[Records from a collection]
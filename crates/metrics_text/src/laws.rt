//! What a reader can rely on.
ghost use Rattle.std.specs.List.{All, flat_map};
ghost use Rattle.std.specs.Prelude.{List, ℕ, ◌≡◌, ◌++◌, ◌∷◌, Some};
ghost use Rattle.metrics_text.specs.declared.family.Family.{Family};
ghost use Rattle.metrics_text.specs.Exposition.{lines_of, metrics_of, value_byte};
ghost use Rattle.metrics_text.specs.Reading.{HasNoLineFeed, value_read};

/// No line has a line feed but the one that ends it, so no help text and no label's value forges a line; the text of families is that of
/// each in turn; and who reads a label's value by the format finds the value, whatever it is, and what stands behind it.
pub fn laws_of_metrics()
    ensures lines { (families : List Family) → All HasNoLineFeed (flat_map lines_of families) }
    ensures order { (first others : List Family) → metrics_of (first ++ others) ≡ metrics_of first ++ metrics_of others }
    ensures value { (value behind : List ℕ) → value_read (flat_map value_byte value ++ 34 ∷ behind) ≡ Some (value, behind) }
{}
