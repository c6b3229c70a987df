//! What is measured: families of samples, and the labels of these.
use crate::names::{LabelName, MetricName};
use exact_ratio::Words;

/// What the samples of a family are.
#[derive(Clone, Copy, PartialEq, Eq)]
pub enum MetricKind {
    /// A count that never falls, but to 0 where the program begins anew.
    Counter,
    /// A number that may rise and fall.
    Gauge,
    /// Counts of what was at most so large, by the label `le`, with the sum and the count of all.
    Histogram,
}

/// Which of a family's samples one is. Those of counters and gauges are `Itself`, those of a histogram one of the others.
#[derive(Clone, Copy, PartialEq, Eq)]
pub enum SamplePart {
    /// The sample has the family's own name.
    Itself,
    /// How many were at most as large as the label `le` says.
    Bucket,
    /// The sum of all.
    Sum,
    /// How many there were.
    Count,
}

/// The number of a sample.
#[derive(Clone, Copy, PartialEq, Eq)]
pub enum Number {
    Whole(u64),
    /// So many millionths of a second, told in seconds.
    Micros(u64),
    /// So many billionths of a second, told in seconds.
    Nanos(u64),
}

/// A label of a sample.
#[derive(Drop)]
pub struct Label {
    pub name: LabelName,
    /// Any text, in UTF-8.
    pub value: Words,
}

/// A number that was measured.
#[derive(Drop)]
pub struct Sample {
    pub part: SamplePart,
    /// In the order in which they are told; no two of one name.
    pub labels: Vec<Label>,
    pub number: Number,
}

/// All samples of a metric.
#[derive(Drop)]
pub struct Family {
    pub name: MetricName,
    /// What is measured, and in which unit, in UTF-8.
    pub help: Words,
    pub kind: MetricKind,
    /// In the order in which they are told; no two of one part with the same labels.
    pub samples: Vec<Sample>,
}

---

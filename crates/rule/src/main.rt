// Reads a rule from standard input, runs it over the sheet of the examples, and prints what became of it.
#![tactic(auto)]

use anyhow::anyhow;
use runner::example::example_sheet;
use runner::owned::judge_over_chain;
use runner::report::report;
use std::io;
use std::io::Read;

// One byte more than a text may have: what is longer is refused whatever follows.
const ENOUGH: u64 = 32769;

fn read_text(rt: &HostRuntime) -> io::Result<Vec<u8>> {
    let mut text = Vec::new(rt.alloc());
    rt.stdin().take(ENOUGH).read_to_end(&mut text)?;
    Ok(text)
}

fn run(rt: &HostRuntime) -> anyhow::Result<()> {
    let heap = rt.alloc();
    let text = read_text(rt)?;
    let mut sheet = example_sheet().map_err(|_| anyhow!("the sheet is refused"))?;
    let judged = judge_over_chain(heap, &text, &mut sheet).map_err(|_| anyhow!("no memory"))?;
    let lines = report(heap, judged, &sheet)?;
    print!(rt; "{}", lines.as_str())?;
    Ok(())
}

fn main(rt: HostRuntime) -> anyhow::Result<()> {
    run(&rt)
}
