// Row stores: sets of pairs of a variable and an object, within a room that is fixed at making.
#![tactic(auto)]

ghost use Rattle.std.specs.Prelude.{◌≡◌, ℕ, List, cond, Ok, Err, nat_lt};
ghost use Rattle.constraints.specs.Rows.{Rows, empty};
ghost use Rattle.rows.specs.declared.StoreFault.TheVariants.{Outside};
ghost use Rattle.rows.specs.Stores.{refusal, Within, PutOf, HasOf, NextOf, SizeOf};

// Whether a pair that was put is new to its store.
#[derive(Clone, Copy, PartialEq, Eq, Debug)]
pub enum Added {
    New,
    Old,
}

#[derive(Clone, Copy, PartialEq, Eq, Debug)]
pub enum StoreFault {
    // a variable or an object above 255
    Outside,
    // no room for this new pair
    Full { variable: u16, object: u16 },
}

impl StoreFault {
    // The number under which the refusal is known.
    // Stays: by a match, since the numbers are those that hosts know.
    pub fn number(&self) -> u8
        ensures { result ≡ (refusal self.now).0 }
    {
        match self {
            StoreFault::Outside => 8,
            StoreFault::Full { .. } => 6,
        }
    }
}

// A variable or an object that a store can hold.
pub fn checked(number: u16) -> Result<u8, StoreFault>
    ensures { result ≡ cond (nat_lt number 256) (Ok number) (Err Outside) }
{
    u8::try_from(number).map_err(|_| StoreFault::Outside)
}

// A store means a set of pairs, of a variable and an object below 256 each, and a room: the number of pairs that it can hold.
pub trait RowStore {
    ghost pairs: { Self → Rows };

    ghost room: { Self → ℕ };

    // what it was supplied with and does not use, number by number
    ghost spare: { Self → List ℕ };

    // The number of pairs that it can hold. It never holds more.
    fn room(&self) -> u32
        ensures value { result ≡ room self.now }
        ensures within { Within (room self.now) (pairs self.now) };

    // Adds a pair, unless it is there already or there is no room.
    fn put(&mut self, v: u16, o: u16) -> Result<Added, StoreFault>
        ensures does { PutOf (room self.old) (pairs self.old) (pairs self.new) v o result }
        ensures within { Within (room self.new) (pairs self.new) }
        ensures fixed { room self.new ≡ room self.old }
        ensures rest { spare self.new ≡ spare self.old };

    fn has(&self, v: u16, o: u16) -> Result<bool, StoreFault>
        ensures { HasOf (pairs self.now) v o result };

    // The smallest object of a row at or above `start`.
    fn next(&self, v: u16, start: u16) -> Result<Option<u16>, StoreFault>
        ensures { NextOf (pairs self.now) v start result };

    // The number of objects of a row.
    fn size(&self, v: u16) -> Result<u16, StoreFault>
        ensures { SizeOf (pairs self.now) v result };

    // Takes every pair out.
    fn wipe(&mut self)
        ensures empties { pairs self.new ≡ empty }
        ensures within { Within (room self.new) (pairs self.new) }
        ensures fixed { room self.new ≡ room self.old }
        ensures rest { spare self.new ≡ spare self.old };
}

- [What you should do] Print again the lines of the entries above that fall between the line holding "filename crates/metrics_text/src/laws.rt" and the line holding "number of a sample.", inclusive, exactly as they stand.

- [Answer section]
filename crates/metrics_text/src/laws.rt
//! What a reader can rely on.
ghost use Rattle.std.specs.List.{All, flat_map};
ghost use Rattle.std.specs.Prelude.{List, ℕ, ◌≡◌, ◌++◌, ◌∷◌, Some};
ghost use Rattle.metrics_text.specs.declared.family.Family.{Family};
ghost use Rattle.metrics_text.specs.Exposition.{lines_of, metrics_of, value_byte};
ghost use Rattle.metrics_text.specs.Reading.{HasNoLineFeed, value_read};

/// No line has a line feed but the one that ends it, so no help text and no label's value forges a line; the text of families is that of
/// each in turn; and who reads a label's value by the format finds the value, whatever it is, and what stands behind it.
pub fn laws_of_metrics()
    ensures lines { (families : List Family) → All HasNoLineFeed (flat_map lines_of families) }
    ensures order { (first others : List Family) → metrics_of (first ++ others) ≡ metrics_of first ++ metrics_of others }
    ensures value { (value behind : List ℕ) → value_read (flat_map value_byte value ++ 34 ∷ behind) ≡ Some (value, behind) }
{}
repository c6b3229c70a987df
//! What is measured: families of samples, and the labels of these.
use crate::names::{LabelName, MetricName};
use exact_ratio::Words;

/// What the samples of a family are.
#[derive(Clone, Copy, PartialEq, Eq)]
pub enum MetricKind {
    /// A count that never falls, but to 0 where the program begins anew.
    Counter,
    /// A number that may rise and fall.
    Gauge,
    /// Counts of what was at most so large, by the label `le`, with the sum and the count of all.
    Histogram,
}

/// Which of a family's samples one is. Those of counters and gauges are `Itself`, those of a histogram one of the others.
#[derive(Clone, Copy, PartialEq, Eq)]
pub enum SamplePart {
    /// The sample has the family's own name.
    Itself,
    /// How many were at most as large as the label `le` says.
    Bucket,
    /// The sum of all.
    Sum,
    /// How many there were.
    Count,
}

/// The number of a sample.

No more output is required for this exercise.